1. In a spark plug, a central electrode, an insulator surrounding said electrode and having an end surface, a ground electrode surrounding said insulator, a pin secured to said ground electrode and extending over the end surface of said central electrode to form a relatively short adjustable air gap spark extending in the direction of the spark plug axis, said air gap spark being adjustable by bending said pin, and means spaced radially outwardly from the end surface of said insulator to form circumferentially interrupted means on said ground electrode inducing a relatively long surface flame spark transverse to said air gap spark.

2. The combination according to claim 1, said last-mentioned means comprising a circumferentially interrupted end surface on said ground electrode.

3. The combination according to claim 2, said pin being arched so that its mid-portion is further away from the end face of said insulator than its end portion is from said central electrode end face.

4. The combination according to claim 1, said last-mentioned means comprising a plurality of circumferentially spaced pins mounted on said ground electrode and extending inwardly toward the said insulator.

5. The combination according to claim 4, said pins being threadably mounted in said ground electrode so as to be adjustable toward and away from the insulator.

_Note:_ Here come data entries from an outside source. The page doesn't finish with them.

impl<K: Naming> LockedMachine<K> {
    /// A machine whose users weren't told to end, with the pass that knows its log and the word that counts its steps.
    pub(crate) fn new(machine: Machine, pass: Pass, word: Arc<Word<K>, Global>) -> LockedMachine<K>
        requires { IsKeeper K.table (past machine) pass }
        ensures { result ≡ record { processor = machine; is_ended = false } }
    {
        machine.keeps_replay();
        LockedMachine {
            machine,
            pass,
            word,
            wakeups: Wakeups::default(),
            is_ended: false,
        }
    }

    /// Makes the release wake the storage worker, because there is a new reference.
    pub fn leave_to_memory(&mut self)
        ensures { self.new ≡ self.old }
    {
        self.wakeups.referred = true;
    }

    /// Issues the next instruction, as `Shared::issue` does.
    ///
    /// # Errors
    /// Any refusal of an issue.
    #[tactic(auto, unfolding(program_order::specs::Refusals::may_refuse, program_order::specs::Run::settled))]
    pub fn issue(&mut self, seen: &mut Seen<K>) -> Result<Option<Note>, Refusal>
        ensures event { IsHeldEvent self.old Issue (answered DoneIssue result) self.new }
        ensures seen { MatchResult result (λ note. IsMade Issued seen.old seen.new × IsNoteOf seen.new note)
            (λ refusal. Learnt seen.old seen.new × IsWhyOf seen.new refusal) }
        ensures current { IsCurrent self.new.processor seen.new }
        ensures replayed { HasReplay seen.new }
    {
        let answer = self.machine.issue();
        record_or_compare(&self.word, &mut self.pass, seen, &self.machine, &answer);
        match answer? {
            Done::Issued(note) => Ok(note),
            Done::Word(_) | Done::Made => Ok(None),
        }
    }

    /// Asks for an exchange with the package at an absolute address, as `Shared::ask` does.
    ///
    /// # Errors
    /// Any refusal of a request.
    #[tactic(auto, unfolding(program_order::specs::Refusals::may_refuse, program_order::specs::Run::settled))]
    pub fn ask(&mut self, seen: &mut Seen<K>, at: u32) -> Result<(), Refusal>
        ensures event { IsHeldEvent self.old (Ask at) (made_or_refused result) self.new }
        ensures seen { Learnt seen.old seen.new }
        ensures current { IsCurrent self.new.processor seen.new }
        ensures replayed { HasReplay seen.new }
    {
        let answer = self.machine.ask(at);
        compare(&self.word, &mut self.pass, seen, &self.machine);
        answer?;
        self.wakeups.asked = true;
        Ok(())
    }

    /// Makes the exchange that was asked for, as `Shared::exchange` does.
    ///
    /// # Errors
    /// Any refusal of an exchange.
    #[tactic(auto, unfolding(program_order::specs::Refusals::may_refuse, program_order::specs::Run::settled))]
    pub fn exchange(&mut self, seen: &mut Seen<K>) -> Result<(), Refusal>
        ensures event { IsHeldEvent self.old Exchange (made_or_refused result) self.new }
        ensures seen { MatchResult result
            (λ _. (n : ℕ) × (self.old.processor.request ≡ Some n) × IsMade (Exchanged n) seen.old seen.new)
            (λ refusal. Learnt seen.old seen.new × IsWhyOf seen.new refusal) }
        ensures current { IsCurrent self.new.processor seen.new }
        ensures replayed { HasReplay seen.new }
    {
        let answer = self.machine.exchange();
        record_or_compare(&self.word, &mut self.pass, seen, &self.machine, &answer);
        answer?;
        self.wakeups.exchanged = true;
        Ok(())
    }

    /// Makes the exchange that was asked for, and then asks for the next one, as `Shared::exchange_and_ask` does.
    /// `next` is the absolute address of its package, if there is one.
    ///
    /// # Errors
    /// Any refusal of an exchange. Within `Ok`, any refusal of a request.
    #[tactic(auto, unfolding(program_order::specs::Refusals::may_refuse, program_order::specs::Run::settled))]
    pub fn exchange_and_ask(
        &mut self,
        seen: &mut Seen<K>,
        next: Option<u32>,
    ) -> Result<Result<(), Refusal>, Refusal>
        ensures answer { IsAnswer self.old.processor Exchange (made_or_refused result) }
        ensures asked { IsAskedNext (settled self.old.processor Exchange (made_or_refused result)) next result
            self.new.processor }
        ensures after { self.new ≡ with_processor self.old self.new.processor }
        ensures seen { MatchResult result
            (λ _. (n : ℕ) × (self.old.processor.request ≡ Some n) × IsMade (Exchanged n) seen.old seen.new)
            (λ refusal. Learnt seen.old seen.new × IsWhyOf seen.new refusal) }
        ensures current { IsCurrent self.new.processor seen.new }
        ensures replayed { HasReplay seen.new }
        ensures named { MatchResult result (λ asked. IfErr asked (λ refusal. is_ask_refusal refusal ≡ true))
            (λ refusal. is_exchange_refusal refusal ≡ true) }
    {
        self.exchange(seen)?;
        match next {
            Some(at) => Ok(self.ask(seen, at)),
            None => Ok(Ok(())),
        }
    }

    /// Reads the word at an absolute address for a peripheral processor, as `Shared::pp_read` does.
    ///
    /// # Errors
    /// Any refusal of a peripheral access.
    #[tactic(auto, unfolding(program_order::specs::Refusals::may_refuse, program_order::specs::Run::settled))]
    pub fn pp_read(&mut self, seen: &mut Seen<K>, at: u32) -> Result<Word60, Refusal>
        ensures event { IsHeldEvent self.old (PpRead at) (answered DoneWord result) self.new }
        ensures seen { MatchResult result (λ word. IsMade (ReadAt at) seen.old seen.new × IsWordOf seen.new at word)
            (λ refusal. Learnt seen.old seen.new) }
        ensures current { IsCurrent self.new.processor seen.new }
        ensures replayed { HasReplay seen.new }
    {
        let answer = self.machine.pp_read(at);
        record_or_compare(&self.word, &mut self.pass, seen, &self.machine, &answer);
        match answer? {
            Done::Word(word) => Ok(word),
            Done::Issued(_) | Done::Made => Ok(Word60::default()),
        }
    }

    /// Writes a word to an absolute address for a peripheral processor, as `Shared::pp_write` does.
    ///
    /// # Errors
    /// Any refusal of a peripheral access.
    #[tactic(auto, unfolding(program_order::specs::Refusals::may_refuse, program_order::specs::Run::settled))]
    pub fn pp_write(&mut self, seen: &mut Seen<K>, at: u32, word: Word60) -> Result<(), Refusal>
        ensures event { IsHeldEvent self.old (PpWrite at word) (made_or_refused result) self.new }
        ensures seen { MatchResult result (λ _. IsMade (Wrote at word) seen.old seen.new)
            (λ refusal. Learnt seen.old seen.new) }
        ensures current { IsCurrent self.new.processor seen.new }
        ensures replayed { HasReplay seen.new }
    {
        let answer = self.machine.pp_write(at, word);
        record_or_compare(&self.word, &mut self.pass, seen, &self.machine, &answer);
        answer?;
        Ok(())
    }

    /// Claims a reservation with the seat of its unit, as `Shared::claim` does.
    ///
    /// # Errors
    /// `Stranger`, with the seat.
    pub fn claim(&mut self, seat: Seat, note: Note) -> Result<Reserved, (Refusal, Seat)>
        ensures answer { refusal_to (can_claim self.old.processor seat note) None ≡ refused result }
        ensures after { self.new ≡ self.old }
        ensures claimed { IfOk result (λ token. token ≡ record { seat = seat; number = note.number }) }
        ensures given_back { IfErr result (λ back. (back.1 ≡ seat) × (back.0 ≡ Stranger)) }
    {
        let claimed = self.machine.claim(seat, note);
        self.machine.keeps_replay();
        claimed
    }

    /// Reads the operands of the token's reservation, as `Shared::read` does.
    ///
    /// # Errors
    /// `OperandAwaited` or `Stranger`, with the token.
    pub fn read(&mut self, token: Reserved) -> Result<Loaded, (Refusal, Reserved)>
        ensures answer { refusal_to (unread_in token.number (slot self.old.processor token.seat.unit))
            (allowed self.old.processor (Read token.seat.unit)) ≡ refused result }
        ensures after { MatchResult result
            (λ loaded. self.new ≡ with_processor self.old (after self.old.processor (Read token.seat.unit)))
            (λ back. self.new ≡ self.old) }
        ensures operands { IfOk result
            (λ loaded. reading_in token.seat (slot self.new.processor token.seat.unit) ≡ Some loaded) }
        ensures loaded { IfOk result (λ loaded. (loaded.seat ≡ token.seat) × (loaded.number ≡ token.number)) }
        ensures given_back { IfErr result
            (λ back. (back.1 ≡ token) × ((is_stranger back.0 || is_read_refusal back.0) ≡ true)) }
    {
        let loaded = self.machine.read(token);
        self.machine.keeps_replay();
        self.wakeups.read = self.wakeups.read || loaded.is_ok();
        loaded
    }

    /// Gives the token's value to the unit, as `Shared::finish` does.
    ///
    /// # Errors
    /// `Stranger`, with the token.
    pub fn finish(&mut self, token: Computed) -> Result<Finished, (Refusal, Computed)>
        ensures answer { MatchResult result
            (λ finished. (reading_in token.seat (slot self.old.processor token.seat.unit) ≡ Some (read_of token))
            × (allowed self.old.processor (Finish token.seat.unit) ≡ None))
            (λ back. reading_in token.seat (slot self.old.processor token.seat.unit) ≢ Some (read_of token)) }
        ensures after { MatchResult result
            (λ finished. self.new ≡ with_processor self.old (after self.old.processor (Finish token.seat.unit)))
            (λ back. self.new ≡ self.old) }
        ensures finished { IfOk result (λ finished. finished ≡ record { seat = token.seat; number = token.number }) }
        ensures given_back { IfErr result (λ back. (back.1 ≡ token) × (back.0 ≡ Stranger)) }
    {
        let finished = self.machine.finish(token);
        self.machine.keeps_replay();
        finished
    }

    /// Stores the result of the token's reservation, as `Shared::store` does.
    ///
    /// # Errors
    /// `ResultHeld`, `HopperFull`, `OutOfTurn` or `Stranger`, with the token.
    pub fn store(&mut self, token: Finished) -> Result<Seat, (Refusal, Finished)>
        ensures answer { refusal_to (finished_in token.number (slot self.old.processor token.seat.unit))
            (allowed self.old.processor (Store token.seat.unit)) ≡ refused result }
        ensures after { MatchResult result
            (λ seat. self.new ≡ with_processor self.old (after self.old.processor (Store token.seat.unit)))
            (λ back. self.new ≡ self.old) }
        ensures seat { IfOk result (λ seat. seat ≡ one_more token) }
        ensures given_back { IfErr result
            (λ back. (back.1 ≡ token) × ((is_stranger back.0 || is_store_refusal back.0) ≡ true)) }
    {
        let stored = self.machine.store(token);
        self.machine.keeps_replay();
        self.wakeups.changed = self.wakeups.changed || stored.is_ok();
        stored
    }

    /// Accepts the reference in a place of the hopper, 0 to 3, as `Shared::accept` does.
    ///
    /// # Errors
    /// `BankBusy` or `OlderAtAddress`. `Nothing` if the place is empty.
    #[tactic(auto, using(crate::proofs::Laws::only_nothing))]
    pub fn accept(&mut self, place: u8) -> Result<(), Refusal>
        ensures event { IsHeldEvent self.old (Accept place) (made_or_refused result) self.new }
        ensures no_place { 3 < place → result ≡ Err Nothing }
    {
        self.machine.keeps_limits();
        let accepted = self.machine.accept(place);
        self.machine.keeps_replay();
        accepted?;
        self.wakeups.changed = true;
        Ok(())
    }

    /// Writes the word of the load in a channel, 1 to 5, to its register, as `Shared::return_load` does.
    ///
    /// # Errors
    /// `ResultHeld`. `Nothing` if the channel is empty.
    #[tactic(auto, using(crate::proofs::Laws::only_nothing))]
    pub fn return_load(&mut self, channel: u8) -> Result<(), Refusal>
        ensures event { IsHeldEvent self.old (Return channel) (made_or_refused result) self.new }
        ensures no_channel { channel ≡ 0 → result ≡ Err Nothing }
        ensures channels { 5 < channel → result ≡ Err Nothing }
    {
        self.machine.keeps_limits();
        let returned = self.machine.return_load(channel);
        self.machine.keeps_replay();
        returned?;
        self.wakeups.changed = true;
        Ok(())
    }

    /// Frees a bank, 0 to 31, as `Shared::bank_free` does.
    ///
    /// # Errors
    /// `Nothing` if the bank isn't busy.
    #[tactic(auto, using(crate::proofs::Laws::only_nothing))]
    pub fn bank_free(&mut self, bank: u8) -> Result<(), Refusal>
        ensures event { IsHeldEvent self.old (BankFree bank) (made_or_refused result) self.new }
        ensures no_bank { 31 < bank → result ≡ Err Nothing }
    {
        self.machine.keeps_limits();
        let freed = self.machine.bank_free(bank);
        self.machine.keeps_replay();
        freed?;
        Ok(())
    }

    /// Returns the state, the log, the boot memory and the budget of the machine, if it is drained, as
    /// `Shared::snapshot` does.
    ///
    /// # Errors
    /// `NotDrained` if an issued instruction has an effect still to come. `OutOfMemory` if memory runs out.
    pub fn snapshot(&mut self, seen: &mut Seen<K>) -> Result<Snapshot, Refusal>
        ensures after { self.new ≡ self.old }
        ensures seen { Learnt seen.old seen.new }
        ensures current { IsCurrent self.new.processor seen.new }
        ensures replayed { HasReplay seen.new }
        ensures fresh { IfOk result
            (λ snapshot. (snapshot.boot_memory ≡ seen.new.booted.memory) × (snapshot.budget ≡ seen.new.booted.budget)
            × (snapshot.log ≡ seen.new.log)) }
        ensures within { IfOk result (λ snapshot. issued snapshot.log ≤ seen.new.booted.budget) }
        ensures replay { IfOk result (λ snapshot. replay (boot snapshot.boot_memory) snapshot.log
            ≡ Some snapshot.state) }
        ensures fault { IfOk result (λ snapshot. snapshot.state.fault ≡ true
            → IsFaultedRun snapshot.log snapshot.boot_memory snapshot.state) }
        ensures taken { MatchResult result (λ _. is_pending self.old.processor.pending ≡ false)
            (λ refusal. refusal ≡ (if is_pending self.old.processor.pending then NotDrained else OutOfMemory)) }
    {
        compare(&self.word, &mut self.pass, seen, &self.machine);
        self.machine.snapshot()
    }

    /// Whether no issued instruction has an effect still to come.
    pub fn drained(&self) -> bool
        ensures { result ≡ not (is_pending self.now.processor.pending) }
    {
        self.machine.drained()
    }

    /// Tells the threads that use the machine to end.
    pub(crate) fn end(&mut self)
        ensures { self.new ≡ record self.old { is_ended = true } }
    {
        self.is_ended = true;
    }

    /// Whether the threads that use the machine were told to end.
    pub(crate) fn ended(&self) -> bool
        ensures { result ≡ self.now.is_ended }
    {
        self.is_ended
    }
}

6. The combination according to claim 1, said last-mentioned means comprising a second pin secured to the end surface of said ground electrode and angularly spaced from said first pin, the second pin extending toward said insulator end face.

7. The combination according to claim 1, said central electrode having a neck portion extending outwardly beyond the end surface of said insulator.

8. The combination according to claim 1, said last-mentioned means comprising an end portion on said pin extending axially inwardly toward said insulator end face, the air gap between said last-mentioned pin portion and the insulator end face being adjustable by bending the pin.

9. The combination according to claim 1, the length of said air gap spark being 0.030 inches, the length of said surface flame spark being 0.060 inches.

10. The combination according to claim 1, the length of said flame surface spark being approximately 0.060 inches.